WHAT THE TASK REQUIRES> Copy out all lines from the material that contain the string "IsLinePath".

LISTED ENTRIES>
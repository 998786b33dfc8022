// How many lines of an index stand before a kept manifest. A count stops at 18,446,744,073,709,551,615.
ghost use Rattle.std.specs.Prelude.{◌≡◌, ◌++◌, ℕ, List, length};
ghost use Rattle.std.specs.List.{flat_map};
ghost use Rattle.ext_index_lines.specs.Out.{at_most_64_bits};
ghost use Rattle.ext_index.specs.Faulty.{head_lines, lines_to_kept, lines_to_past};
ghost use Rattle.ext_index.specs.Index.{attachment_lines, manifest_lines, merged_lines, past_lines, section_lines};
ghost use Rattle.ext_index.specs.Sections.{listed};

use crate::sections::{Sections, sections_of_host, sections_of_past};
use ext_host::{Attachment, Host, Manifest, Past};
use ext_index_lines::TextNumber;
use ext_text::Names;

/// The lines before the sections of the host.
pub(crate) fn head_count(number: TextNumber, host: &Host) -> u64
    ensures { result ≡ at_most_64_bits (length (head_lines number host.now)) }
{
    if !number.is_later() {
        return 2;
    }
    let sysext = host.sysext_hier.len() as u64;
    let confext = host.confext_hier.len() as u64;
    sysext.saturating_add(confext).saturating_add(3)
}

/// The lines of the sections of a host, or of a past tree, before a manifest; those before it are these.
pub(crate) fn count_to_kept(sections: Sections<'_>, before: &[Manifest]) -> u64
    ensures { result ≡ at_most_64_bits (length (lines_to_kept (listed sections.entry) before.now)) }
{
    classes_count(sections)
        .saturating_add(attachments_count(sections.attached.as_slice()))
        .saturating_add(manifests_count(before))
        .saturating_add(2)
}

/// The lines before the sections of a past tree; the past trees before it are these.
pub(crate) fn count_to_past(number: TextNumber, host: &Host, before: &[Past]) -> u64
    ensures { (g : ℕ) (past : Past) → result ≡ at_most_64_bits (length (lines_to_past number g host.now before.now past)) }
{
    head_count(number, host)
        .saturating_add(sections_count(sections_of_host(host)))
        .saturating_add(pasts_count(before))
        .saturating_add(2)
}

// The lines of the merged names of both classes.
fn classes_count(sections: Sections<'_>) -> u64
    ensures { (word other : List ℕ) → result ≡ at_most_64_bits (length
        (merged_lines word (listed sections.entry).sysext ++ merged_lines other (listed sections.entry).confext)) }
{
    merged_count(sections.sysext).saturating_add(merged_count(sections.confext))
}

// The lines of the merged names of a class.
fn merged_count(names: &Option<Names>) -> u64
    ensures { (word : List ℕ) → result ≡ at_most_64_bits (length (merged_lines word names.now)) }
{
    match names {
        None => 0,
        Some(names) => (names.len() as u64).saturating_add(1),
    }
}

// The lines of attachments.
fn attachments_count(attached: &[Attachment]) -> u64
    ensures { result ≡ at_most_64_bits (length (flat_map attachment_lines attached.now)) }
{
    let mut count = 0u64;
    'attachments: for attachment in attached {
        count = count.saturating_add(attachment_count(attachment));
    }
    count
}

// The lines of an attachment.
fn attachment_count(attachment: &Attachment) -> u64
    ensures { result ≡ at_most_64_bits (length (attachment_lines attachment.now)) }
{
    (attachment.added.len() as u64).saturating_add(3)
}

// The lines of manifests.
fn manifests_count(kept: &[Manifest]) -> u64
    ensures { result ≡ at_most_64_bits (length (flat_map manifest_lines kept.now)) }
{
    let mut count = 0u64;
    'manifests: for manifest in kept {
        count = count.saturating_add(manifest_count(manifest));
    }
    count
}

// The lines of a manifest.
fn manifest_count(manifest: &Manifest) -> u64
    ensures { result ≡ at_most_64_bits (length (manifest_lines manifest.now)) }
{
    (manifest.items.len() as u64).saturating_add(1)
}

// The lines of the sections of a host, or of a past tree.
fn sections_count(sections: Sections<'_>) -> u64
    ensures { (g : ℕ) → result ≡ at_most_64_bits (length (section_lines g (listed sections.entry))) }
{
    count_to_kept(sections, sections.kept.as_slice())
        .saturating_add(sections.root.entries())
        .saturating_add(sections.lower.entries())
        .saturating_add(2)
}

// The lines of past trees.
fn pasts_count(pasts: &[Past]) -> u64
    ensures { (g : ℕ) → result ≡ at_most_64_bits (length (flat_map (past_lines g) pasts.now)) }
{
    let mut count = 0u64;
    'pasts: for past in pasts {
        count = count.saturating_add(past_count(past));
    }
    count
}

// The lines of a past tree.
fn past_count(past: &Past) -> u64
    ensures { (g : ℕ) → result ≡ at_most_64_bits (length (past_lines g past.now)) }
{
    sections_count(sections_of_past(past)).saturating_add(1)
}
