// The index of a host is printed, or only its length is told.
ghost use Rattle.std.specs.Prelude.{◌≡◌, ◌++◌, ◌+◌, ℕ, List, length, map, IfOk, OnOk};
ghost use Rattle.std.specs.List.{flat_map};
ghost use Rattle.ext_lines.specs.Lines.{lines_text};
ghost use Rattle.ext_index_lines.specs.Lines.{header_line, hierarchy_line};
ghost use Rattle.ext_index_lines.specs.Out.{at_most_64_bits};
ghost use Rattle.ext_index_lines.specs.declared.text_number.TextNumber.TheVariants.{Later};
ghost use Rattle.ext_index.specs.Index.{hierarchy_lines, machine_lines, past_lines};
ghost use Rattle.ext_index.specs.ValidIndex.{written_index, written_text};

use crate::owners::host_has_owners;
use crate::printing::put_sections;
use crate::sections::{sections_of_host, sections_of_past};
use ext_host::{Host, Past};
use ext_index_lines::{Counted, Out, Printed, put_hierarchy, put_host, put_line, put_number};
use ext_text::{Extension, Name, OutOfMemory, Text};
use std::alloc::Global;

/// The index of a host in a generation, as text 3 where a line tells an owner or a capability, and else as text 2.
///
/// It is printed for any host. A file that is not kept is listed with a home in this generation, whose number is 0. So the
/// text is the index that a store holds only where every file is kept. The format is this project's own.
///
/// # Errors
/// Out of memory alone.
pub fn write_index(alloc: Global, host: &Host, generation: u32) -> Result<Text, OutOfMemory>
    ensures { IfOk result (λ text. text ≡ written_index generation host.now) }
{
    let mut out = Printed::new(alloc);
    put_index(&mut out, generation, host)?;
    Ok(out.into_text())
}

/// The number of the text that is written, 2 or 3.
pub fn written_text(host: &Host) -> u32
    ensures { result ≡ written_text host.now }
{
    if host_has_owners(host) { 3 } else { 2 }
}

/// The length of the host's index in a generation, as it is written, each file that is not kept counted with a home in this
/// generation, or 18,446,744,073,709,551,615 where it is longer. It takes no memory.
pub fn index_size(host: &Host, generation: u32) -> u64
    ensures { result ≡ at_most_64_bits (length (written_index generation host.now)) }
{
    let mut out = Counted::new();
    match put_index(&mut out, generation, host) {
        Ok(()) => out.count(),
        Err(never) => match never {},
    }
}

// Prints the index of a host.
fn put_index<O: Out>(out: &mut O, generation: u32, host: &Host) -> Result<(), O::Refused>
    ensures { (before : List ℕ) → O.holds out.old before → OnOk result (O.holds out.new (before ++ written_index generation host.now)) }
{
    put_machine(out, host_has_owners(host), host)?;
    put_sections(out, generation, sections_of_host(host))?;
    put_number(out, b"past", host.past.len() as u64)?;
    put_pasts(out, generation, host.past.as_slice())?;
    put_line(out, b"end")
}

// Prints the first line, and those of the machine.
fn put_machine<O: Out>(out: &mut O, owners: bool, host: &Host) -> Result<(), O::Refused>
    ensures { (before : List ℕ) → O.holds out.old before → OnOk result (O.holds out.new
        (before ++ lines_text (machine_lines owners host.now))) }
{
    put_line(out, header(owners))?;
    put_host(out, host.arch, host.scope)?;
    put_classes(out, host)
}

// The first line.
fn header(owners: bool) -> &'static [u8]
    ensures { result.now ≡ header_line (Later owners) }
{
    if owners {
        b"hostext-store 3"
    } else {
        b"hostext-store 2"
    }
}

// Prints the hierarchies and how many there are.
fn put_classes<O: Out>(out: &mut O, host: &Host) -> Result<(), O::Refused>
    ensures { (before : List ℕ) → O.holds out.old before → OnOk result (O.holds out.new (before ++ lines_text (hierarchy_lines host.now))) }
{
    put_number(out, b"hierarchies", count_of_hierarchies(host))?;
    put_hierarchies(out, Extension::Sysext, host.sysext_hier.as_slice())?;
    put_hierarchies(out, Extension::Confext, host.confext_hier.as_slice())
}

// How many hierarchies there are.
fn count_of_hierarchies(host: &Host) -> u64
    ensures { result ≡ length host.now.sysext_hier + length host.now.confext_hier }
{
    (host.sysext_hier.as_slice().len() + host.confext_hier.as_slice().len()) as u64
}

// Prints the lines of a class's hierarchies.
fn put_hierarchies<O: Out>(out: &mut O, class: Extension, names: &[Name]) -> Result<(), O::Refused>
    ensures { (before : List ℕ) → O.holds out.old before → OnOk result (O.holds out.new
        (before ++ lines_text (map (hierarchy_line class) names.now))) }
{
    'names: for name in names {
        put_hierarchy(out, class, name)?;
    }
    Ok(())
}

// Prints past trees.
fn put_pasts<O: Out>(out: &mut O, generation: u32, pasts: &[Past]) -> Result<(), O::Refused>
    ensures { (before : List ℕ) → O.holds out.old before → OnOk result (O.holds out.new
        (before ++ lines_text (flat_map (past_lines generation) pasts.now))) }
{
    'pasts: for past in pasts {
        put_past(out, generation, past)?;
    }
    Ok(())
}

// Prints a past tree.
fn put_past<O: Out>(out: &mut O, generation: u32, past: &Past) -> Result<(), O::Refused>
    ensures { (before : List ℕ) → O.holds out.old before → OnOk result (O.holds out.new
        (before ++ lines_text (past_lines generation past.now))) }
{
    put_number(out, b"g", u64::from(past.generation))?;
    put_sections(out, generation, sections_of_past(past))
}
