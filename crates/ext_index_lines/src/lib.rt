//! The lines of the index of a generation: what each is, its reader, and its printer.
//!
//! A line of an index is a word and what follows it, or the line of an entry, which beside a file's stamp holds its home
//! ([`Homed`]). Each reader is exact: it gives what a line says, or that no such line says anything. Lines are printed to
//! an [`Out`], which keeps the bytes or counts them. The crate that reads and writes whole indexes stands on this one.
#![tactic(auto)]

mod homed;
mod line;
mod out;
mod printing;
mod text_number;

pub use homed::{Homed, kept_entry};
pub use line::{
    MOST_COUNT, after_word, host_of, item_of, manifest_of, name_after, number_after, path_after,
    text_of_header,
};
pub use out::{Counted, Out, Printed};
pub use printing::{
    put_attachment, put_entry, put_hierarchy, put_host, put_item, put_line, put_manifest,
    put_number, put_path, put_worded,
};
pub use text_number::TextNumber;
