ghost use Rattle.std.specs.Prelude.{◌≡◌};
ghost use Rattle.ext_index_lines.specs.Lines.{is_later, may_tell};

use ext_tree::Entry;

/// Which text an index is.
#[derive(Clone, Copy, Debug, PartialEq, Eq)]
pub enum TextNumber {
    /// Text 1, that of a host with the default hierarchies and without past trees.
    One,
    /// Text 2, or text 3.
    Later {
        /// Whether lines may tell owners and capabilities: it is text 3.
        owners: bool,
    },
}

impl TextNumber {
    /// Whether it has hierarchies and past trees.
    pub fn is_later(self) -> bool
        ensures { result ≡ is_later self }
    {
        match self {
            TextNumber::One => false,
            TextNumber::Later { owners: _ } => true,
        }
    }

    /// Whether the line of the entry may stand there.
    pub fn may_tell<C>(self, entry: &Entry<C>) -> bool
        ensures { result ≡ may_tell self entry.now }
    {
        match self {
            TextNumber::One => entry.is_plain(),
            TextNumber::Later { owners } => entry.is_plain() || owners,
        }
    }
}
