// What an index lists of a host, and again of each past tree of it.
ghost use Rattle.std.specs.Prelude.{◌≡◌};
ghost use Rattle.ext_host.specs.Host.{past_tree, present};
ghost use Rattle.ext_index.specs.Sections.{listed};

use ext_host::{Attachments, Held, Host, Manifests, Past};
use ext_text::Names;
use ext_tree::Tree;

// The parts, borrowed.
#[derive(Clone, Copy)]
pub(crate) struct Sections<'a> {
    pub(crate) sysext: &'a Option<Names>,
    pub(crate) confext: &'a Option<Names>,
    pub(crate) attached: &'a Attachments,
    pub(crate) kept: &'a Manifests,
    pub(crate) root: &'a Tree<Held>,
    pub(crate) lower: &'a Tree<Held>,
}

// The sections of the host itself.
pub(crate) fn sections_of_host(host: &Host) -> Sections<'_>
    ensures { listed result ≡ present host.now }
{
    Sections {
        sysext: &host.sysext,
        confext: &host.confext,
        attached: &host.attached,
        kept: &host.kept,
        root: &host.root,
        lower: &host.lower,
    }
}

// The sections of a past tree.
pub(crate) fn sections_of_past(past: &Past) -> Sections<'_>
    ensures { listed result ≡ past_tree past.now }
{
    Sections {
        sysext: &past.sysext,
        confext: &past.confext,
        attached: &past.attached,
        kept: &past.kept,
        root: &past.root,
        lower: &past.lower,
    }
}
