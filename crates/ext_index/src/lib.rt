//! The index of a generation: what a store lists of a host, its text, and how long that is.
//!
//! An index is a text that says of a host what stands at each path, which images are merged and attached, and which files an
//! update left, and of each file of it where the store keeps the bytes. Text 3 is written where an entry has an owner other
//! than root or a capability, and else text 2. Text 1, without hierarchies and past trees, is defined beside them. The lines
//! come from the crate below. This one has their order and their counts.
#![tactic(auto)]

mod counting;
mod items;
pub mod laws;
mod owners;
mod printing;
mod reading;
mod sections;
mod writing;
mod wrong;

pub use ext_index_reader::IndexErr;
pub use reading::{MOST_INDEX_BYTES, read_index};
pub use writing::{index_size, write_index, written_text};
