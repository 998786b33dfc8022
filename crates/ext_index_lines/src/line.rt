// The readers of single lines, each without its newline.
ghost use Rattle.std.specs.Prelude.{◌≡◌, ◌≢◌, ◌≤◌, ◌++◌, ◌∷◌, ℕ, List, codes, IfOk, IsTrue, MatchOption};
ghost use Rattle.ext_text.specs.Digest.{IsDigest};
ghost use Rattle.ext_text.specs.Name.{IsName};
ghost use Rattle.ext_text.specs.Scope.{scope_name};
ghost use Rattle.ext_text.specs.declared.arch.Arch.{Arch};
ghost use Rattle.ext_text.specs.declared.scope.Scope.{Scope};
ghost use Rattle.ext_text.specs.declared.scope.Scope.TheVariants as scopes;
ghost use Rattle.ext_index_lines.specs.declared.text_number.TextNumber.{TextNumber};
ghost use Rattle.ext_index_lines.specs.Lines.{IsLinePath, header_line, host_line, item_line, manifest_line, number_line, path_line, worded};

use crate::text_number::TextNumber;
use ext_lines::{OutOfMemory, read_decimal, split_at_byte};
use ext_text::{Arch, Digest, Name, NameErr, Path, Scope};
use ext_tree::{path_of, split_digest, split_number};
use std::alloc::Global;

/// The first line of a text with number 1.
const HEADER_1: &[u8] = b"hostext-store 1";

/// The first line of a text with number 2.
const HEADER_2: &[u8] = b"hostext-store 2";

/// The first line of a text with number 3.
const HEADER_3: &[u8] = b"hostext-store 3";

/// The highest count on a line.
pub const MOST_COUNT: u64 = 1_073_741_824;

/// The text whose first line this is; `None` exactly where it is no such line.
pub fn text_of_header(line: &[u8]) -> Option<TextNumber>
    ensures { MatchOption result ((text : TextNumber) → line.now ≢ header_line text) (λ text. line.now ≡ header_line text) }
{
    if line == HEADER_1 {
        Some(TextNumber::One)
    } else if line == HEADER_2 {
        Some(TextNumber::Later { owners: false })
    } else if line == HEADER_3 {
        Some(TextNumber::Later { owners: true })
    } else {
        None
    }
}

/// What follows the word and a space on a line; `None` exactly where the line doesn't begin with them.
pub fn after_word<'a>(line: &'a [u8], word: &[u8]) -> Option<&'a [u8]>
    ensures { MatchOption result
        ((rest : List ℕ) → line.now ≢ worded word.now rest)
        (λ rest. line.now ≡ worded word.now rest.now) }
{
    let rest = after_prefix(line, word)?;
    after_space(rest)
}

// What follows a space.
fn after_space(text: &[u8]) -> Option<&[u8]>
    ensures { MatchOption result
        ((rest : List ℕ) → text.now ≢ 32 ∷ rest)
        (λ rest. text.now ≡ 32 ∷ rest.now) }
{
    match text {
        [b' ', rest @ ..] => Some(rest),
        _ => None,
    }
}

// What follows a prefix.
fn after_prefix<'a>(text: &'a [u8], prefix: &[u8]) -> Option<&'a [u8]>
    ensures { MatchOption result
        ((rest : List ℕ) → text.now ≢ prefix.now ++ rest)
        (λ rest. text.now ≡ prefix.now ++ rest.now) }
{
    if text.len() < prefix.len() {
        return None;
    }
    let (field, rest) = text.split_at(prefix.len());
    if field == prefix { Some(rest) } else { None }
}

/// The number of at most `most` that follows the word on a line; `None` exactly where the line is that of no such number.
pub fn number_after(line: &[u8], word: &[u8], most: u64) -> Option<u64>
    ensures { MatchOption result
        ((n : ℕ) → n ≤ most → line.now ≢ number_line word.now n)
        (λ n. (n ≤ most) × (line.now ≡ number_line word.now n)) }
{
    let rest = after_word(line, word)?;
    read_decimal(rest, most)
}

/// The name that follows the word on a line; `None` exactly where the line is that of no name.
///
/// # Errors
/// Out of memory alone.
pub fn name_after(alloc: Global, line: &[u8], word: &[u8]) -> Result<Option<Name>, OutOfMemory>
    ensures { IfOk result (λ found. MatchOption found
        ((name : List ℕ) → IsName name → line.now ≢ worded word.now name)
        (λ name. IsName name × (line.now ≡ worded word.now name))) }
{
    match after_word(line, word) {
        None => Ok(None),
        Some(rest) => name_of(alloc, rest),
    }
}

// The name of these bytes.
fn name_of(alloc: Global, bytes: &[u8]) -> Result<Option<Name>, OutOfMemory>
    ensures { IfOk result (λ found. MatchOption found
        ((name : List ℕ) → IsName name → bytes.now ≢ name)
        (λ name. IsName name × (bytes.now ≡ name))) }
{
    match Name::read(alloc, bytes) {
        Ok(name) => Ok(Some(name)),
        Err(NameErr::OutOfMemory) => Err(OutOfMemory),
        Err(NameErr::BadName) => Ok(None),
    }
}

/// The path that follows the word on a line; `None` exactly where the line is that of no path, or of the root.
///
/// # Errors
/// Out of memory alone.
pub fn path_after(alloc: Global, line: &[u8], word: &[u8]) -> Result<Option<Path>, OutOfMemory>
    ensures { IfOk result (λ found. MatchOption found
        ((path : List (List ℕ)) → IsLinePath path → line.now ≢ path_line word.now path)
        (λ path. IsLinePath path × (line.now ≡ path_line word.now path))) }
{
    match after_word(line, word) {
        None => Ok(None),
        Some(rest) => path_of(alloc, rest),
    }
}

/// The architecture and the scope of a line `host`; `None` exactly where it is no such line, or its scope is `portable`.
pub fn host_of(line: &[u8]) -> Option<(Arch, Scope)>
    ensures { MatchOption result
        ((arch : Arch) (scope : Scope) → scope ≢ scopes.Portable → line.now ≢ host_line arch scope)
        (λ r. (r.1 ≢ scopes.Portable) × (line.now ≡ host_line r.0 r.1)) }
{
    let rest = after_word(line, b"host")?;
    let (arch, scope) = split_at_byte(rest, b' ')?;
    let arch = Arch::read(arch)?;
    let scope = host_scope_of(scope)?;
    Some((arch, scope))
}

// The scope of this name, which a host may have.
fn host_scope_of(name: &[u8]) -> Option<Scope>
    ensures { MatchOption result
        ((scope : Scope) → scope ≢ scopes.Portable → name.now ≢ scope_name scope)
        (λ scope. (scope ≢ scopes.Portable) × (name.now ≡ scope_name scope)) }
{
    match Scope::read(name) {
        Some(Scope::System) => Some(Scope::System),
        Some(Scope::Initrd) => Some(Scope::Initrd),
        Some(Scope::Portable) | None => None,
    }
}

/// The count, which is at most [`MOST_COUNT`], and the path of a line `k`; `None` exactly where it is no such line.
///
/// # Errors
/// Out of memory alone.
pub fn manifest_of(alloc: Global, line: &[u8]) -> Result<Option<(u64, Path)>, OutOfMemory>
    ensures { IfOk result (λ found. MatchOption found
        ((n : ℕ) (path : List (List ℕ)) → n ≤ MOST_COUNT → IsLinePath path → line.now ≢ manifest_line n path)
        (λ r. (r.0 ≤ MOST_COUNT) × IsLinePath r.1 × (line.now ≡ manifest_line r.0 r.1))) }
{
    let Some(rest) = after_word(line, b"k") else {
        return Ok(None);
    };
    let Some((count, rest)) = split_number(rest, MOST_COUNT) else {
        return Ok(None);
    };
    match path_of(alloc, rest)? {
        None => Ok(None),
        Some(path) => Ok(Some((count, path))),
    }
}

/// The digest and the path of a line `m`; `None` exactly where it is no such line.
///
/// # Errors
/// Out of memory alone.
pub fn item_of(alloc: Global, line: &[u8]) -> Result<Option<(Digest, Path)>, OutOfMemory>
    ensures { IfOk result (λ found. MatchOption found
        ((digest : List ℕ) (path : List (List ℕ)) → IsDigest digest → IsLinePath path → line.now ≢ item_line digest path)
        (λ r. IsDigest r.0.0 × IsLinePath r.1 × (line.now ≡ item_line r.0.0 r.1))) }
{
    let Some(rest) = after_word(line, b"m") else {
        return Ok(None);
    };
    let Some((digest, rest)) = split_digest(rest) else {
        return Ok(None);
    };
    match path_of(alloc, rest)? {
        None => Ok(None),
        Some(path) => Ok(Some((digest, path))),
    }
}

EXERCISE ANSWER>
ghost use Rattle.ext_index_lines.specs.Lines.{IsLinePath, header_line, host_line, item_line, manifest_line, number_line, path_line, worded};
        ((path : List (List ℕ)) → IsLinePath path → line.now ≢ path_line word.now path)
        (λ path. IsLinePath path × (line.now ≡ path_line word.now path))) }
        ((n : ℕ) (path : List (List ℕ)) → n ≤ MOST_COUNT → IsLinePath path → line.now ≢ manifest_line n path)
        (λ r. (r.0 ≤ MOST_COUNT) × IsLinePath r.1 × (line.now ≡ manifest_line r.0 r.1))) }
        ((digest : List ℕ) (path : List (List ℕ)) → IsDigest digest → IsLinePath path → line.now ≢ item_line digest path)
        (λ r. IsDigest r.0.0 × IsLinePath r.1 × (line.now ≡ item_line r.0.0 r.1))) }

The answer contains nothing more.